「ダイヤちゃんとキタちゃんのお二人…良い…すごくいい…」
日課であるキタサンブラックとサトノダイヤモンドの見守りの最中に、
ふと隣にいるデジタルがそんなことを呟いていた。
キタサンブラックことキタちゃんと、サトノダイヤモンドことダイヤちゃんが仲良しである様子は学園でも有名である。
そして僕もキタちゃんとダイヤちゃんを陰ながら応援する会(非公認)の副会長である。
ちなみに会長はデジタルである。
会員数は現在4名だけだが、陰から彼女たちの様子を見ているだけで、それをおかずに飯が何杯でもいける。

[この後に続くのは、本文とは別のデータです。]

//! The assembler: source lines to object segments (ORCA/M reference manual, "Assembler directives"; WDC 65C816 data sheet;
//! GS/OS Reference, appendix F).
#![tactic(auto)]

mod source;

pub use asm_meaning::{AsmCause, AsmFault};
pub use source::assemble;
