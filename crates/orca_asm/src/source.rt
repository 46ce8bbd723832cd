//! Sources with macro files to objects (ORCA/M reference manual; GS/OS Reference, appendix F).

ghost use Rattle.std.specs.Prelude.{◌≡◌, List, ℕ, IfOk, IfErr};
ghost use Rattle.orca_macro.specs.Files.{texts_of_files};
ghost use Rattle.macro_meaning.specs.Expansion.{IsMacroFault};
ghost use Rattle.source_meaning.specs.Object.{IsObject, IsAsmFault, cause_of};

use asm_meaning::{AsmCause, AsmFault};
use orca_macro::{MacroCause, MacroFault, expand};
use orca_object::assemble_lines;
use std::alloc::Global;

/// The fault when out of memory.
fn no_memory() -> AsmFault
    ensures { result ≡ record { cause = AsmCause.Memory; file = 0; line = 0 } }
{
    AsmFault {
        cause: AsmCause::Memory,
        file: 0,
        line: 0,
    }
}

/// What is wrong with a line or a whole by the fault of its expansion.
fn cause_of(cause: MacroCause) -> AsmCause
    ensures { result ≡ cause_of cause }
{
    match cause {
        MacroCause::LineTooLong => AsmCause::LineTooLong,
        MacroCause::TooManyLines => AsmCause::TooManyLines,
        MacroCause::NoSuchSymbol => AsmCause::NoSuchSymbol,
        MacroCause::BadSetting => AsmCause::BadSetting,
        MacroCause::BadArguments => AsmCause::BadArguments,
        MacroCause::NoSequenceSymbol => AsmCause::NoSequenceSymbol,
        MacroCause::Unclosed => AsmCause::Unclosed,
        MacroCause::Counter => AsmCause::Counter,
        MacroCause::TooNested => AsmCause::TooNested,
        MacroCause::Noted(n) => AsmCause::Noted(n),
        MacroCause::Memory => AsmCause::Memory,
    }
}

/// A fault of the expansion.
fn macro_fault(fault: MacroFault) -> AsmFault
    ensures same { result ≡ record { cause = cause_of fault.cause; file = fault.file; line = fault.line } }
    ensures reported { (source : List ℕ) (macros : List (List ℕ)) → IsMacroFault source macros fault → IsAsmFault source macros result }
{
    AsmFault {
        cause: cause_of(fault.cause),
        file: fault.file,
        line: fault.line,
    }
}

/// The object of a source with macro files: its segments one after another, as ORCA/M's directives and the 65816's
/// instructions give them. Else the first fault: of reading, macro files in order and then the source; of a definition; of the
/// first visited line that expands with one; of the first expanded line with one, by the order of the causes; `Unclosed` at the
/// line that begins a segment without END; `TooLong`, with file 0 and line 0, where the object would exceed 16,777,216 bytes.
pub fn assemble(alloc: Global, source: &[u8], macros: &Vec<Vec<u8>>) -> Result<Vec<u8>, AsmFault>
    ensures object { IfOk result (λ object. IsObject source.now (texts_of_files macros.now.items) object.items) }
    ensures refused { IfErr result (λ fault. IsAsmFault source.now (texts_of_files macros.now.items) fault) }
{
    let lines = match expand(alloc, source, macros) {
        Ok(lines) => lines,
        Err(fault) => return Err(macro_fault(fault)),
    };
    match assemble_lines(alloc, &lines) {
        Ok(answer) => answer,
        Err(_) => Err(no_memory()),
    }
}
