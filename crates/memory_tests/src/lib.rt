//! Tests of slots with generations, of memory of banks and of movable blocks.
#![tactic(auto)]

#[cfg(test)]
mod asserting;
#[cfg(test)]
mod blocks;
#[cfg(test)]
mod handles;
#[cfg(test)]
mod moves;
#[cfg(test)]
mod slides;
#[cfg(test)]
mod slots;
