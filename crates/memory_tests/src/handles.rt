// Handles by their slots, and where it isn't 0 their generation.
use iigs_meaning::Handle;

pub(crate) const SLOT_0: Handle = Handle {
    slot: 0,
    generation: 0,
};

pub(crate) const SLOT_0_1: Handle = Handle {
    slot: 0,
    generation: 1,
};

pub(crate) const SLOT_1: Handle = Handle {
    slot: 1,
    generation: 0,
};

pub(crate) const SLOT_2: Handle = Handle {
    slot: 2,
    generation: 0,
};

pub(crate) const SLOT_3: Handle = Handle {
    slot: 3,
    generation: 0,
};

pub(crate) const SLOT_4: Handle = Handle {
    slot: 4,
    generation: 0,
};
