static WANTS: [(Want, Option<u32>); 12] = [
    (Want { size: 0x10, ..BYTE }, Some(0x00_0800)),
    (
        Want {
            size: 0x10,
            no_special: true,
            ..BYTE
        },
        Some(0x02_0000),
    ),
    (
        Want {
            size: 0xB800,
            align: 0x100,
            ..BYTE
        },
        Some(0x00_0800),
    ),
    (
        Want {
            size: 0xB801,
            ..BYTE
        },
        Some(0x02_0000),
    ),
    (
        Want {
            size: 0xA000,
            bank: Some(0xE1),
            ..BYTE
        },
        Some(0xE1_2000),
    ),
    (
        Want {
            size: 0xA001,
            bank: Some(0xE1),
            ..BYTE
        },
        None,
    ),
    (
        Want {
            align: 0x10000,
            ..BYTE
        },
        Some(0x02_0000),
    ),
    (
        Want {
            low: Some(0x1000),
            ..BYTE
        },
        Some(0x00_1000),
    ),
    (
        Want {
            low: Some(0xC000),
            ..BYTE
        },
        Some(0x02_C000),
    ),
    (
        Want {
            at: Some(0xE1_BFFF),
            ..BYTE
        },
        Some(0xE1_BFFF),
    ),
    (
        Want {
            at: Some(0xE1_C000),
            ..BYTE
        },
        None,
    ),
    (
        Want {
            size: 0x10001,
            no_cross: true,
            ..BYTE
        },
        None,
    ),
];

// Where a block goes; nothing where it isn't wanted well.
fn goes(banks: &mut Banks, want: &Want) -> Option<Result<Option<u32>, BlockFault>> {
    if !is_want(want) {
        return None;
    }
    match banks.place(want, 0, false, 0) {
        Ok(h) => Some(at(banks, h)),
        Err(_) => Some(Ok(None)),
    }
}

// The same in three banks.
fn placed(alloc: Global, want: &Want) -> Result<Option<Result<Option<u32>, BlockFault>>, Fail> {
    let mut banks = banks_of(alloc, &[0x00, 0xE1, 0x02])?;
    Ok(goes(&mut banks, want))
}

// Worked out by hand for banks $00, $02 and $E1: one row a condition.
#[test]
fn wants_over_three_banks(rt: HostRuntime) -> Result<(), Fail> {
    for (n, (want, address)) in WANTS.iter().enumerate() {
        same(&rt, n, placed(rt.alloc(), want)?, Some(Ok(*address)));
    }
    Ok(())
}

static ALL_OR_NONE: [Step; 9] = [
    Step::Put(0x10, 7, 1, Ok(SLOT_0)),
    Step::PutAll(
        0x8000,
        false,
        Err(PlaceFault::NoRoom(2)),
        (NO_HANDLE, NO_HANDLE, NO_HANDLE),
    ),
    Step::At(SLOT_0, Ok(Some(0x02_0000))),
    Step::Room(0xFFF0),
    Step::PutAll(0x7F00, true, Ok(()), (SLOT_0_1, SLOT_1, SLOT_2)),
    Step::At(SLOT_0, Err(BlockFault::Stale)),
    Step::Stays(SLOT_2, Some(0x02_8100), 0, true),
    Step::User(SLOT_2, 7),
    Step::Room(0),
];
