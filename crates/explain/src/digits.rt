//! Numbers as text.

ghost use Rattle.std.specs.Prelude.{◌≡◌, ◌++◌, decimal, OnOk};

use std::alloc::AllocError;
use words::BackwardText;

/// How many digits a number has at most.
pub const DIGITS: usize = 20;

/// Appends the digits of a number.
#[tactic(auto, using(words::proofs::Digits::short_decimal, std::proofs::lemmas::Fmt::decimal_digit))]
pub fn push_number(out: &mut Vec<u8>, number: u64) -> Result<(), AllocError>
    ensures { OnOk result (out.new.items ≡ out.old.items ++ decimal number) }
{
    if number < 10 {
        out.push(b'0' + number as u8)?;
        return Ok(());
    }
    let mut digits = BackwardText::new();
    digits.prepend_decimal(number);
    out.extend_from_slice(digits.as_slice())?;
    Ok(())
}
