//! What the numbers of refusals and of warnings mean, and what the kinds of notes do.
#![tactic(auto)]

mod cautions;
mod digits;
mod headings;
mod note_kinds;
mod refusals;

pub use cautions::warning_of;
pub use digits::{DIGITS, push_number};
pub use headings::{all_headings, explanation, warning_explanation};
pub use note_kinds::{NoteKind, note_explanation, note_kind};
pub use refusals::{NUMBERS, Refusal, meaning, refusal_of};
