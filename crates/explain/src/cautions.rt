//! What the numbers of warnings mean: the rows of the manual's table of them.

ghost use Rattle.std.specs.Prelude.{◌≡◌, false, MatchOption};
ghost use Rattle.explain.specs.Refusals.{warning_meaning, is_warned};

use crate::refusals::Refusal;

/// The numbers, rising.
pub const WARNING_NUMBERS: [u8; 17] = [1, 2, 3, 4, 5, 6, 7, 8, 9, 10, 11, 12, 13, 14, 15, 16, 17];

/// The warning of a number, where there is one, and what draws it.
pub fn warning_of(number: u8) -> Option<Refusal>
    ensures { MatchOption result (is_warned number ≡ false) (λ r. r.number ≡ number) }
{
    let causes: &'static [u8] = match number {
        1 => CAUSES_1,
        2 => CAUSES_2,
        3 => CAUSES_3,
        4 => CAUSES_4,
        5 => CAUSES_5,
        6 => CAUSES_6,
        7 => CAUSES_7,
        8 => CAUSES_8,
        9 => CAUSES_9,
        10 => CAUSES_10,
        11 => CAUSES_11,
        12 => CAUSES_12,
        13 => CAUSES_13,
        14 => CAUSES_14,
        15 => CAUSES_15,
        16 => CAUSES_16,
        17 => CAUSES_17,
        _ => return None,
    };
    Some(Refusal { number, causes })
}

/// What a number means, in a line.
pub(crate) fn warning_meaning(number: u8) -> &'static [u8]
    ensures { result.now ≡ warning_meaning number }
{
    match number {
        1 => b"an operator's name stands as a label",
        2 => b"a number is read as a register or a counter",
        3 => b"two words are taken of a name for one",
        4 => b"the program runs on to a constant, or where no word stands",
        5 => b"a vector's words run on into the next vector",
        6 => b"a switched erasable bank is reached, and no line sets EB",
        7 => b"a register's name stands for another place",
        8 => b"no operand names a label",
        9 => b"a switched bank of fixed memory is reached, and no line sets FB",
        10 => b"a word is written on a channel that is a register, and does not go out",
        11 => b"a constant or an address stands where a run starts",
        12 => b"an interrupt's routine changes A, L or Q and has not kept it",
        13 => b"an interrupt's routine stands, and no line is RESUME",
        14 => b"the program runs on over the vectors, while RELINT stands",
        15 => b"a word is reserved where an earlier line reserves one",
        16 => b"nothing leads to an instruction behind a jump",
        17 => b"a word of a flight source is not certain",
        _ => b"",
    }
}

const CAUSES_1: &[u8] = b"
- an operator's name in the first column, where it is a label; with --flight those of its forms too
  > RETURN
  Cure: a blank before it
";

const CAUSES_2: &[u8] = b"
- CA, CAE, CS, AD, MASK, MSK, CCS, MP, DV or SU of an octal number from 0 to 60, without an offset, and not after \
    INDEX: a register or a counter, and not the number
  >  CA 5
  Cure: an operand is an address, so the number has a line of its own behind the last jump: FIVE OCT 5, and here CA FIVE
";

const CAUSES_3: &[u8] = b"
- DXCH, DAS, DCA or DCS, without an offset, of a label beside which ERASE stands alone, and reserves one word
     SETLOC 100
    X ERASE
     SETLOC 4000
  >  DXCH X
  Cure: X ERASE +1
";

const CAUSES_4: &[u8] = b"
- an instruction after which the program runs on to a constant, or where no word stands: the next line with a word or \
    another location has a constant or an address, or none stands. Not told of an instruction that leaves, as TC, \
    TCF, RETURN, RESUME, DTCB, DTCF, TCAA, XLQ and XXALQ do, and TS, XCH, LXCH, QXCH and DXCH of an octal number from \
    0 to 60, Z, FB, FBANK, BB or BBANK; of one whose label is read, as by CAF, and that is executed elsewhere; and \
    with --flight
  > F CA O
    O OCT 1
  Cure: TCF or RETURN behind it, and constants elsewhere
";

const CAUSES_5: &[u8] = b"
- the fifth word after SETLOC to a vector, 4004 to 4050, where the fourth goes on to it: an interrupt enters there
     SETLOC 4004
     CA X
     CA X
     CA X
     CA X
  >  TS X
    D TCF D
    X OCT 1
  Cure: four words that end in TCF, and the routine elsewhere
";

const CAUSES_6: &[u8] = b"
- an instruction whose operand is a symbol, with its offset a place of 1400 to 3777, which are switched banks, where \
    no line of the source sets EB: none is DTCB or DTCF, none writes 3 or 6, as TS does, and DXCH and DAS of 2 or 5, \
    none writes 0 to 6 after INDEX, and none a symbol without a value
     SETLOC 2000
    V ERASE
     SETLOC 4000
  >  TS V
    D TCF D
  Cure: CA NAME and TS 3, where NAME ECADR V stands
";

const CAUSES_7: &[u8] = b"
- the name of a register or a counter, ZERO left out, as a label of another place: beside a word, ERASE or nothing, \
    or EQUALS or = of another octal number
     SETLOC 100
  > Q ERASE
  Cure: Q EQUALS 2
";

const CAUSES_8: &[u8] = b"
- with --unused: a label that no operand names
  > X OCT 5
  Cure: take it out, or name it
";

const CAUSES_9: &[u8] = b"
- an instruction in bank 2 or 3 whose operand has its place in another bank, 0 left out, where FB stands at first, \
    while no line of the source sets FB: none is DTCB or DTCF, none writes 4 or 6, as TS does, and DXCH and DAS of 3 \
    or 5, none writes 0 to 6 after INDEX, and none a symbol without a value
  >  TC R
    D TCF D
     BANK 10
    R RETURN
  Cure: CA NAME and TS 4, where NAME FCADR R stands; for banks 40 to 43 WRITE 7 of 100 too
";

const CAUSES_10: &[u8] = b"
- WRITE, WAND or WOR of channel 1 or 2 by its number: these are L and Q, and nothing goes out
     EXTEND
  >  WRITE 1
    D TCF D
  Cure: the channel that is meant, as 10; where the register is, LXCH or QXCH, or L EQUALS 1 and WRITE L
";

const CAUSES_11: &[u8] = b"
- a constant or an address at 4000, where a run starts, in a source with an instruction; and not with --flight
  > X OCT 5
     CA X
    D TCF D
  Cure: the program first, or a jump to it, and constants behind its last jump
";

const CAUSES_12: &[u8] = b"
- an instruction on the straight way from a vector, 4004 to 4050, without labels but the one to which its TCF, BZF or \
    BZMF leads, that changes A, L or Q, as CA, MP and TC of a label do, where none before it has stored that, as XCH, \
    LXCH and QXCH do; in a source with RESUME, and not with --flight
    D TCF D
     SETLOC 4024
  >  CA X
     RESUME
    X OCT 1
  Cure: XCH, LXCH or QXCH of a cell before it, and again before RESUME
";

const CAUSES_13: &[u8] = b"
- an instruction without a label at a vector, while RELINT stands in the source, and no RESUME, nor 17 or 50017 as an \
    operand; and not with --flight
     RELINT
    D TCF D
     SETLOC 4024
  >  TCF D
  Cure: RESUME as the last instruction of the routine
";

const CAUSES_14: &[u8] = b"
- an instruction at 4004, where the word before goes on to it, while RELINT stands in the source, and no SETLOC to a \
    vector; and not with --flight
     RELINT
     CA X
     TS X
     CA X
  >  TS X
    D TCF D
    X EQUALS 100
  Cure: TCF before it, and the program from 4054 on; behind SETLOC to its vector the routine of each interrupt
";

const CAUSES_15: &[u8] = b"
- a label beside ERASE alone, at a place where ERASE alone stands beside an earlier one; and not with --flight
     SETLOC 100
    X ERASE
     SETLOC 100
  > Y ERASE
  Cure: no SETLOC between the two; for two names of one word Y EQUALS X
";

const CAUSES_16: &[u8] = b"
- an instruction without a label behind TCF, RETURN or RESUME; not TC, TCF or NOOP, not at a vector, nor within four \
    words behind CCS, or two behind TS, TC or INDEX; in a source in which jumps and addresses are labels alone, and \
    not with --flight
     TCF D
  >  CA X
    D TCF D
    X OCT 1
  Cure: a label and a jump to it, or leave it out
";

const CAUSES_17: &[u8] = b"
- with --flight, in a source without faults: 2CADR of a place of banks 030 to 037, whose second word may hold a \
    superbank, and 2CADR, BBCON or -2CADR behind an EBANK= that stands before an earlier 2CADR, and may hold for that \
    one alone; the word stays as without --flight
     SETLOC 4000
     EBANK= 1400
     2CADR F
  >  2CADR F
    F TCF F
  Cure: for EBANK=, one on the line before it
";
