With --extended there are these besides, and after E50 COMMAND stands why:
  on, on K             from P on, over steps that stand and then new ones, to
                       the next at which a breakpoint holds, at most K: AT line
  until CYCLES         to the first step with so many cycles, back or on
  over, over K         to after the routine that TC at Z enters, within K steps;
                       else one step on: TOOK, its cycles, where it gets there,
                       and the AT line
  out, out K           to where the routine or the interrupt in progress returns
                       to: as over, or NONE
  inputs               the inputs that were added, as lines of a feed
  regs all             all registers and flags, a line each; ASKED, the
                       interrupts asked for; SUM and WORD, what waits; CYCLES
  why PLACE, .. K      the steps that made the word there, the last first, at
                       most K or 16: BY T, the step, what it wrote, FROM, what
                       it read; then ALL, MORE how many cells, or START
  why                  the same of the step that led to P, whatever it wrote
  why .. index places  and INDEX, what moved its operand; WHERE, its place
  why PLACE .. since T by steps from T on alone, and then MORE how many BEFORE T
  why step             WAY, the last choice before P and what it was made by;
  why PLACE control    the same of the step that wrote there last
  never PLACE          CAME, the last step that executed the word there, then
                       WAY, the last choice since that led away from there;
                       or else what INTERRUPT leads there; or ON THE WAY
  trace K              a line for each of the last K steps up to P, as agcws
                       trace has it
  say K                the same in sentences, as agcws trace --say has it
  tail steps, K steps  the last 32 channel lines, or K, each after STEP T
  quiet on, quiet off  WORDS N, how many, in place of the channel lines of new
                       steps, where there are some; or the lines: QUIET on
  break chan C W MASK  where a channel has the bits of W where MASK has ones
  break exec PLACE     where the step executed the instruction at PLACE, as an
                       input and an interrupt do not, nor a word that waited
  break change PLACE   where the step changed the word at PLACE, or on a channel
  where                WHERE, the next instruction's place as a listing has it,
                       and the symbol at it or before it, or WHERE BRUPT, the
                       word that waits; its row, as list has it; and in an
                       interrupt IN INTERRUPT K BY T, the step that entered it
  calls                CALL T, its place, TO, the routine, for each call in
                       progress, the innermost first, and in an interrupt IN
                       INTERRUPT K BY T between its own and the others; COUNT
  list PLACE, .. K     16 rows of the listing from there on, or K, as LIST; of a
                       place on no line, as of an image, the word and the
                       instruction that it is, with names
  value PLACE, .. K    the word there, or K from there on, each as VALUE, its
                       place, the word in octal, decimal, fraction and binary
  mem PLACE K          K words from there on, each as MEM, its place, the word
  chans                CHAN C W for each channel whose word is not zero; COUNT
  differs T            what is another word at P than at step T: registers as
                       regs all has them, MEM, CHAN; COUNT
  survey T U B         steps T to U in at most B buckets, to 4096: BUCKET, its
                       last step, the cycles after it, how many ENTRIES of
                       interrupts, INPUTS taken and OUTPUTS; COUNT
  survey .. PLACE ..   and for each place, at most 8, the least, the greatest
                       and the last word there
  whatif INPUT, .. K   K steps from P on, or 1000, without an input, as in FEED,
                       and with it, that came at P: as agcws whatif has them,
                       of the other words the first. Nothing changes
  .. K from A to B     the same at each of the steps A to B, up to K after B
  whatif RESTART, ..   the same of a restart; of one alone all other words
  whatif notes ..      with INPUT: which notes come and go, as by agcws whatif
                       --notes, those of the steps from the first trial on;
  .. notes since T ..  those from step T on, as if none came before
  find TEXT            the symbols whose names begin so, as FIND; COUNT
  breaks               the breakpoints, one a line, as BREAK I at PLACE; COUNT
  clear I              breakpoint I is taken away: CLEAR I, or NONE
  echo TEXT            TEXT, as it stands, so that a reply's end can be told
  help, help COMMAND   what each command takes and does, or one, as HELP lines
A PLACE is then also as a listing has it, E3,1400 or 02,4013; where no symbol
has the name, A, L, Q, Z, EB, FB, BB or a counter, as TIME3; and any of them
moved on, as SUM +3.
The AT line has the place where Z leads, as a listing has it, in place of Z.

Exit status:
  0  done
  1  the source, or the image, or the feed, or the table is refused
  2  the command line is wrong
  3  a file, a device or memory failed
Status 1 and 3 print one line to standard error, as agcws: E14 LINE 9. What the
number means: agcws explain E14. All faults, and whether a file is of another
kind, as an image where --image is missing: agcws check SRC FEED.";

そうこうしている間に、デジタルが本当に米を取り出し始めた。
すげえな…こいつ…どこに米を隠し持っていたんだ?
「尊いな…デジタル氏」
モグモグ
「ちょっと今」
モグモグ
「彼女たちをおかずにしているところなんで後にしてもらえますか。トレーナーさん」
流石会長()
見習わないといけないこの姿勢
おっ!
ふとキタちゃんとダイヤちゃんの方を見てみると、他のウマ娘ちゃんに話しかけられているみたいだ。
少し距離は離れているせいで声は聞こえないが…
こういう時のために唇読術をマスターしておいてよかった。
まるで聞こえてるかのように彼女たちの会話が分かる
どれどれ…
――――――――――――――――――――
モブウマ娘ちゃん「二人ともとても仲良しだね」
ダイヤちゃん「もちろん!キタちゃんとは大親友ですよ~」
キタちゃん「ダイヤちゃん!私もだよ!!」
「「えへへ~」」
モブウマ娘ちゃん「そんなに仲良くて羨ましいよ~
もしかして~二人は付き合ってたりしちゃったりして?!」
キタちゃん「いやいやいや///ただの幼馴…」
ダイヤちゃん「はい!付き合ってます!」
キタちゃん「幼馴…」
ダイヤちゃん「付き合ってます!!」
キタちゃん「ダイヤちゃん?!」
――――――――――――――――――――――
これは付き合ってますね(断言
いいものを見させてもらったよ…
「素晴らしいものを見た…そうは思わんかねデジタル氏」
返事がない
「デジタル氏?」
おかしいなと思いデジタルの方を見ると彼女は死んでいた。
おそらく耐えられなかったのだ。あの尊さに。
「バカたれが…」
「なんて幸せそうな顔をして死んでるんだ」
――――――――――――――――――――
「はっ!?ここは私は二人を見て…それから」
「おはようデジタル」
「おはようございます!トレーナーさん」
「あっ!思い出しました。素晴らしいものを見た…そうは思いませんか?
トレーナーさん」
「もうやったよ。そのやりとり」
「そうでしたか…それは失敬」
「腕を組んで歩くくらいは疑問なくできるくらいには仲良しなのは素晴らしいと思います」
「僕は腕組むより手をつないでる方が好き」
「んん~。それも捨てがたいですね~」
「けど腕を組むくらいに密着してしてるのも好き」
「流石~わかってますね。トレーナーさん」
「そういえば二人って同室なんだよね確か」
「そうですとも!逆にあの二人が同室じゃなかったら理事長に抗議しに行ってましたとも」
「間違いない」
「たまに…一緒の布団で寝たりして…じゅるり」
「毎日でもいいよ^^」
「…いい…すごくいい」
「それにどんなことがあったとしてもサトノ家の権力でそうにでもなりそうだから、
二人の幸せが確約されてそうなのもいい…」
「デジたん的には、
「逃がさないからねキタちゃん」
って寝ているキタちゃんの耳元でダイヤちゃんがささやいていてほしいです」
「キタ×ダイヤなんだけどダイヤちゃんからの愛がとっても重い感じですねわかります」
「次の新刊のタイトルは「逃がさないよキタちゃん」にしますか!トレーナーさん」
「いと素晴らしき考えなり」
今日もデジタルとトレーナーの妄想は止まらない。